- _REQUIREMENT_
What is the count of lines in the data that hold the string "ones"? State the number alone.

[Collected data entries]
# # # #
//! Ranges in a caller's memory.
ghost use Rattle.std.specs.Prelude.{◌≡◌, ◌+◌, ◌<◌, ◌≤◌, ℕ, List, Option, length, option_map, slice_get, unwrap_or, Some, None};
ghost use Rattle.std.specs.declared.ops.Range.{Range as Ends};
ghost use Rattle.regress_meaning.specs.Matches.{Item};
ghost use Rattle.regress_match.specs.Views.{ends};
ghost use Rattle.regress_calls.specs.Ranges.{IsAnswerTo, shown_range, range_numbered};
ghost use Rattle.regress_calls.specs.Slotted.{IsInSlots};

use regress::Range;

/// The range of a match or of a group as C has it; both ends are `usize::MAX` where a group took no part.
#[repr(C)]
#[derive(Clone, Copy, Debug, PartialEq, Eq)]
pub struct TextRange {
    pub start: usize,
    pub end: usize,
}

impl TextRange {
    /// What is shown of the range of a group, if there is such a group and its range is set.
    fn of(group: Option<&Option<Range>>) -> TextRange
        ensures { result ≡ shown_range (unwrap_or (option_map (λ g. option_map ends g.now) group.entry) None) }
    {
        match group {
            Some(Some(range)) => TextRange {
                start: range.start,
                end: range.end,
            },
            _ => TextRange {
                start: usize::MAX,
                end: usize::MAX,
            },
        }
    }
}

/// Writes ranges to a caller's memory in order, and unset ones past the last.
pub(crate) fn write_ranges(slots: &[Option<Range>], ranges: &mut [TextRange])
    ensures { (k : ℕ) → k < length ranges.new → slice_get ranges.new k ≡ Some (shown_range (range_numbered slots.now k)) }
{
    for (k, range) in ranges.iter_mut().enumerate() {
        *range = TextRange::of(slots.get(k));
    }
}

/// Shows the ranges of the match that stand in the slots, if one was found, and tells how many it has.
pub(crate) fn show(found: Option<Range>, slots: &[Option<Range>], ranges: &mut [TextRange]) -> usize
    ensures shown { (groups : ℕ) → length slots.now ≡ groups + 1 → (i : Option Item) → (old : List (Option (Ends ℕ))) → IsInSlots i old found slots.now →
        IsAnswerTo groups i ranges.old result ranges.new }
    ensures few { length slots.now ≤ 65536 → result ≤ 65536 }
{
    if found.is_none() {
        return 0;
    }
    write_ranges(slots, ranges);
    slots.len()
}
# # # #
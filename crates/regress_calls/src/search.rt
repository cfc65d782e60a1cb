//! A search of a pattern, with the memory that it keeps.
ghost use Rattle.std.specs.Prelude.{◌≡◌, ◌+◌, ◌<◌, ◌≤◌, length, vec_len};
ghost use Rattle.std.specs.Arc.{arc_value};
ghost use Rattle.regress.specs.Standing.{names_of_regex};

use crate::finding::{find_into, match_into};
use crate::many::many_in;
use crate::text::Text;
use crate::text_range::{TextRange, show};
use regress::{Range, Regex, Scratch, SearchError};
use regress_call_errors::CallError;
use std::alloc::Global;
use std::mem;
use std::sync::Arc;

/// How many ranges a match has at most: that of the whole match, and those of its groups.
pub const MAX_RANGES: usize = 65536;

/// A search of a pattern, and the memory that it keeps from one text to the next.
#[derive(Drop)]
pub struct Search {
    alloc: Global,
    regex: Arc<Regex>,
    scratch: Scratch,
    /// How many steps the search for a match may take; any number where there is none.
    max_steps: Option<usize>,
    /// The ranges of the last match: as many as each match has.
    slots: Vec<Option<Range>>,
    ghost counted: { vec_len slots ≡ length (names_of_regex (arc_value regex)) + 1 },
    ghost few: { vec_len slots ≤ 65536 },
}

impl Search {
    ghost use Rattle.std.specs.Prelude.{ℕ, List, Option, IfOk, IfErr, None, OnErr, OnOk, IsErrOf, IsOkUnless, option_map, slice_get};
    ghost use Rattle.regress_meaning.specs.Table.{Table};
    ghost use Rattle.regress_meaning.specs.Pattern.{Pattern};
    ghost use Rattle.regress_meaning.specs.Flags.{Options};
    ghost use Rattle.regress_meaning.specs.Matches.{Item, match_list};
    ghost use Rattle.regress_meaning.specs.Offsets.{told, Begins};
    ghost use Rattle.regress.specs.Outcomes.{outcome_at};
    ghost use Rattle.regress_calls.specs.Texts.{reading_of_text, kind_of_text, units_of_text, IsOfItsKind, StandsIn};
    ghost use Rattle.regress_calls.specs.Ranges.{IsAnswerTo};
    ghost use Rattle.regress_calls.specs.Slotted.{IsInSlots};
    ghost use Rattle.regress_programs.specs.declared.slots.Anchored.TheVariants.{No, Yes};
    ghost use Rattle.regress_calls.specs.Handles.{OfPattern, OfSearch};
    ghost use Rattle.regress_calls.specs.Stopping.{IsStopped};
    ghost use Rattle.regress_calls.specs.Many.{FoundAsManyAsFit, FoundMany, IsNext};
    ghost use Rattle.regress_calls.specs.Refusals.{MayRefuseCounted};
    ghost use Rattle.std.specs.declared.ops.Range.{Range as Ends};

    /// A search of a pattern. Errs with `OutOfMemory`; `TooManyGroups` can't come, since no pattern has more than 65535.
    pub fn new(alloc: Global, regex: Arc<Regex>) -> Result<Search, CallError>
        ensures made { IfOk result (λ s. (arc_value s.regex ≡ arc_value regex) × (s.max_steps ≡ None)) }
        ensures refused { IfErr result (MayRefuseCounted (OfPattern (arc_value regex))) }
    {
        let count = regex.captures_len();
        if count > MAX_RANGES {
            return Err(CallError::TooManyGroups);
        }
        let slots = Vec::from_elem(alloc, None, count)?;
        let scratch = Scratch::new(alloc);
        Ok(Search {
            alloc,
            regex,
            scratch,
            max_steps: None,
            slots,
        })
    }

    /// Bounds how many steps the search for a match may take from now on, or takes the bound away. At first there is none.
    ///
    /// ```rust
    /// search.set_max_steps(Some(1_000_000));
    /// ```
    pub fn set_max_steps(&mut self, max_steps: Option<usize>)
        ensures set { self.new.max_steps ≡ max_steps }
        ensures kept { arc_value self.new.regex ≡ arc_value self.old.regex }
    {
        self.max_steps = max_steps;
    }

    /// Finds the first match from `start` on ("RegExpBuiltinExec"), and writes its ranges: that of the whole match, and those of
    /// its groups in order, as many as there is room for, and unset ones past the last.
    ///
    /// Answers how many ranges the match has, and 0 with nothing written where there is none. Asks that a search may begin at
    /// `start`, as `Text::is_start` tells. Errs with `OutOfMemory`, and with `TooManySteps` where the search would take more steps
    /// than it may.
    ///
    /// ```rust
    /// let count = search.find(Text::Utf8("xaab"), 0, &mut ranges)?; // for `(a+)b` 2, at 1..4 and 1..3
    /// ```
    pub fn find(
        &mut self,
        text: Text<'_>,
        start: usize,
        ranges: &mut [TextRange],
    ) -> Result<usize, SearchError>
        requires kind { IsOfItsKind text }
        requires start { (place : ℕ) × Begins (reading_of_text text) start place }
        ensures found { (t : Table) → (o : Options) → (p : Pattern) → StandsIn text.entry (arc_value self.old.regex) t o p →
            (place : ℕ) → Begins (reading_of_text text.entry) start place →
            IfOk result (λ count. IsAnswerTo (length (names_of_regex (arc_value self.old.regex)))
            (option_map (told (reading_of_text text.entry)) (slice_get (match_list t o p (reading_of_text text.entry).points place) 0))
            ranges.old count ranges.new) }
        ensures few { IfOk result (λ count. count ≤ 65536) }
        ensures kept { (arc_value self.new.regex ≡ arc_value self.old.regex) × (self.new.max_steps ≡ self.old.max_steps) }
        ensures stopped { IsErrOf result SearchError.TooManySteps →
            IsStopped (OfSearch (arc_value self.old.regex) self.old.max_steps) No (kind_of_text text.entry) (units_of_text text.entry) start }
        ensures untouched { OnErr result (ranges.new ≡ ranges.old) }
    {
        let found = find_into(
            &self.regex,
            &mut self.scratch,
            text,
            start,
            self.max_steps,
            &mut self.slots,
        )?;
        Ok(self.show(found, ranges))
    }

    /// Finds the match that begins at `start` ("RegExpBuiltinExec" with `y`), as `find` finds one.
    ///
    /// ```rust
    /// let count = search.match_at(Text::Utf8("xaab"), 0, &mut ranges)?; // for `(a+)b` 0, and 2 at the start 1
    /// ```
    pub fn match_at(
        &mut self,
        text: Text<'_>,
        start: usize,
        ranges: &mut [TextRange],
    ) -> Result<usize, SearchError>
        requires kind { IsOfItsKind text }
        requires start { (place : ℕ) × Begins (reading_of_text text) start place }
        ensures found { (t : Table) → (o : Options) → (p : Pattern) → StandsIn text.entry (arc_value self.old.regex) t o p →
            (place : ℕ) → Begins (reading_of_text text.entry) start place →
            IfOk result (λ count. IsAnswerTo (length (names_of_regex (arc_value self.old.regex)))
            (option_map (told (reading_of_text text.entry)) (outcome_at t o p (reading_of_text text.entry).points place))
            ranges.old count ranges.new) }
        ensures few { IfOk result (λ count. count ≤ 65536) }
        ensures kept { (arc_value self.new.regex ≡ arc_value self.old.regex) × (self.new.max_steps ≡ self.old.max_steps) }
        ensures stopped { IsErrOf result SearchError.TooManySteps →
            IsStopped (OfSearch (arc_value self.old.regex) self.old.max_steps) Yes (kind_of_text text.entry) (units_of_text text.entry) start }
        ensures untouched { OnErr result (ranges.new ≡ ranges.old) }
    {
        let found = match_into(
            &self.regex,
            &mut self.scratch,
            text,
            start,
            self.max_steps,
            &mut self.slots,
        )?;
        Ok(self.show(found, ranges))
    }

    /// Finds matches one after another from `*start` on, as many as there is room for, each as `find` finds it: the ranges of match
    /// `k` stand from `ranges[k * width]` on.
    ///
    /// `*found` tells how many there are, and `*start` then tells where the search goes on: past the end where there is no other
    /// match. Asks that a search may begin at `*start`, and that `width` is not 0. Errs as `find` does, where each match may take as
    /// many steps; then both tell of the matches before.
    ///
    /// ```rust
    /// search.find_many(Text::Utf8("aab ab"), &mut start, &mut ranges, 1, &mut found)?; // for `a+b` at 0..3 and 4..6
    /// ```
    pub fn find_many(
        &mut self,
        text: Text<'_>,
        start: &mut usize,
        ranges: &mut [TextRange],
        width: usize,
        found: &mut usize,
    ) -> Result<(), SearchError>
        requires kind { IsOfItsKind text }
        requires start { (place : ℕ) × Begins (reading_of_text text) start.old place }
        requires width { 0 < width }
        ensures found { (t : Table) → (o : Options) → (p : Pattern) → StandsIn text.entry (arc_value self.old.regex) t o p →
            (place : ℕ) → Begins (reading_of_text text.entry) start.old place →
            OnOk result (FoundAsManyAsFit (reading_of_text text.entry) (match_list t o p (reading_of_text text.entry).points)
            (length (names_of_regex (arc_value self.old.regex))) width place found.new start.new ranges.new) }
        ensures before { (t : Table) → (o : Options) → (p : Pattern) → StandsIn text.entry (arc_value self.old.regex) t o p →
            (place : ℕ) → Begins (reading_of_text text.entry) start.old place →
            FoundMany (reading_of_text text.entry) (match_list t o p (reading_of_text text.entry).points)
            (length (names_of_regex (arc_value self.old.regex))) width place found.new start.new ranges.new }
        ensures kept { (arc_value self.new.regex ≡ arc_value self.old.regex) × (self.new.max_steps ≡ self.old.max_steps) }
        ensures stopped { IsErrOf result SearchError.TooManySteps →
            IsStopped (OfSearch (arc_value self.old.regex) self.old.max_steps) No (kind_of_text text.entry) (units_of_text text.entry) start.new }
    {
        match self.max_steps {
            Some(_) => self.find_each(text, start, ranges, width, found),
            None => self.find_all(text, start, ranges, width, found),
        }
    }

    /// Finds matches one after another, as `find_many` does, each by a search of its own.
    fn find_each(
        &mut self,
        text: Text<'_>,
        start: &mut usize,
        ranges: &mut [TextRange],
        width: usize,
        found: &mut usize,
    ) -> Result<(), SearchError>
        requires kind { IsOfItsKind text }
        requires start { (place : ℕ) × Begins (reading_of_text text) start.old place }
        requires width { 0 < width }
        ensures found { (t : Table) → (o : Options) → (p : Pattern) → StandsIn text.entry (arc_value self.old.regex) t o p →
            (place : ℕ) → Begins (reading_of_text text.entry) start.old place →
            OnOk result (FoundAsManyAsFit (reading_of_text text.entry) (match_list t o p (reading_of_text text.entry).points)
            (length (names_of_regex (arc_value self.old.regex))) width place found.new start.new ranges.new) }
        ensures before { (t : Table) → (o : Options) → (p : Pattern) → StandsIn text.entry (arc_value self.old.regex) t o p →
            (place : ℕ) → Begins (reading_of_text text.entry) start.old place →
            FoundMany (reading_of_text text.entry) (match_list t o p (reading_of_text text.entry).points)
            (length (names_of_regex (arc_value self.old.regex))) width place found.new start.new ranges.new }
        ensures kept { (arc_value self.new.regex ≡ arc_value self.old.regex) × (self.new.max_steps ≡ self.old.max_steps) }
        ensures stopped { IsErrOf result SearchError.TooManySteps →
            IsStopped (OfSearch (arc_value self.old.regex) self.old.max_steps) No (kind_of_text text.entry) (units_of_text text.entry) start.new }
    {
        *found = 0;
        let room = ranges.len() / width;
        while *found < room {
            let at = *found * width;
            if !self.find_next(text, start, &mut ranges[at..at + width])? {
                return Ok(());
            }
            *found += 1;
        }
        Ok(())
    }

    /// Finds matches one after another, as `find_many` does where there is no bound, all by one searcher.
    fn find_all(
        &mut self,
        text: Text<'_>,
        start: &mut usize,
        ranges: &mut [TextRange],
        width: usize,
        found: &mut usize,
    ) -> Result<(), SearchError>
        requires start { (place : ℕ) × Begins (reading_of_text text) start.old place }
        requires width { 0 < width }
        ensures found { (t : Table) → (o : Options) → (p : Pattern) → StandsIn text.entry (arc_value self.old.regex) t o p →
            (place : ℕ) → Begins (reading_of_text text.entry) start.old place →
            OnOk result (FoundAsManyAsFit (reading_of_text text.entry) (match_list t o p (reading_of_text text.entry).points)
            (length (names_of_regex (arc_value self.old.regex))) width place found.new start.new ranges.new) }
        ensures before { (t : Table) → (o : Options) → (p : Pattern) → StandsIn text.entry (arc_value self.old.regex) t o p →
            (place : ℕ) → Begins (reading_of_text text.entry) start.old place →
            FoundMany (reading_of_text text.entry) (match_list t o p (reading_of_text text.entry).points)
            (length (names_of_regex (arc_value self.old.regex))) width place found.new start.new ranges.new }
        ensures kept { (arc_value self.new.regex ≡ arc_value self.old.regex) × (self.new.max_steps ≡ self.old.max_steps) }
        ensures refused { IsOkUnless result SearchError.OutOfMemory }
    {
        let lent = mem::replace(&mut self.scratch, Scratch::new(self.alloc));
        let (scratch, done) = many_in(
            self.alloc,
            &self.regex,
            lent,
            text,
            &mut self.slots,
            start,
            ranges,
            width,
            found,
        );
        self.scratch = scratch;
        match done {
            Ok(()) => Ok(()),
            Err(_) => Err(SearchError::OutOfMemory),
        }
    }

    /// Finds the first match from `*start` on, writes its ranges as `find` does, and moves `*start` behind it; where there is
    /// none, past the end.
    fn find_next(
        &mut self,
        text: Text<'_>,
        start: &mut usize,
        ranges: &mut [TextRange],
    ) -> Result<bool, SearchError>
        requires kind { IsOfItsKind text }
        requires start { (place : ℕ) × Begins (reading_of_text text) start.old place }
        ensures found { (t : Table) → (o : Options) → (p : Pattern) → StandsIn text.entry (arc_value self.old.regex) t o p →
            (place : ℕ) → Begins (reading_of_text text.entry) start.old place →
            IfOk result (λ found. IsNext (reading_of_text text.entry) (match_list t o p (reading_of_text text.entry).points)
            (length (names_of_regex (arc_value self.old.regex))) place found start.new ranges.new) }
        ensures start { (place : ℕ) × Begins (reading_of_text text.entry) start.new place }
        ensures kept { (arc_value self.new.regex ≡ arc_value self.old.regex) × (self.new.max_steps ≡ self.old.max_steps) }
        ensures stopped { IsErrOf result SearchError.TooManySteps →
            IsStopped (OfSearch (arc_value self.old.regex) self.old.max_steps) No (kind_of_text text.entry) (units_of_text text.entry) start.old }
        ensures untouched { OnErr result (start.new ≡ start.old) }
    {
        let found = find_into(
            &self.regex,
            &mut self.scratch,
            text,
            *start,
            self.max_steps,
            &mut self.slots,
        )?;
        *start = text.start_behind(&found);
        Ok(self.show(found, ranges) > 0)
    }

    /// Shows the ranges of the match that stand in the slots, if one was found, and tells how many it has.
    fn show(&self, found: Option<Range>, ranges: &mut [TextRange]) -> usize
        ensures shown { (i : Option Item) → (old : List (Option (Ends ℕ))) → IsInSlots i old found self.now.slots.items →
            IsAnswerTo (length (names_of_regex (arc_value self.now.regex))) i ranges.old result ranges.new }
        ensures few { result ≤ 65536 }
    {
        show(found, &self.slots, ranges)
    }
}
# # # #
- _EXERCISE SOLUTION_
2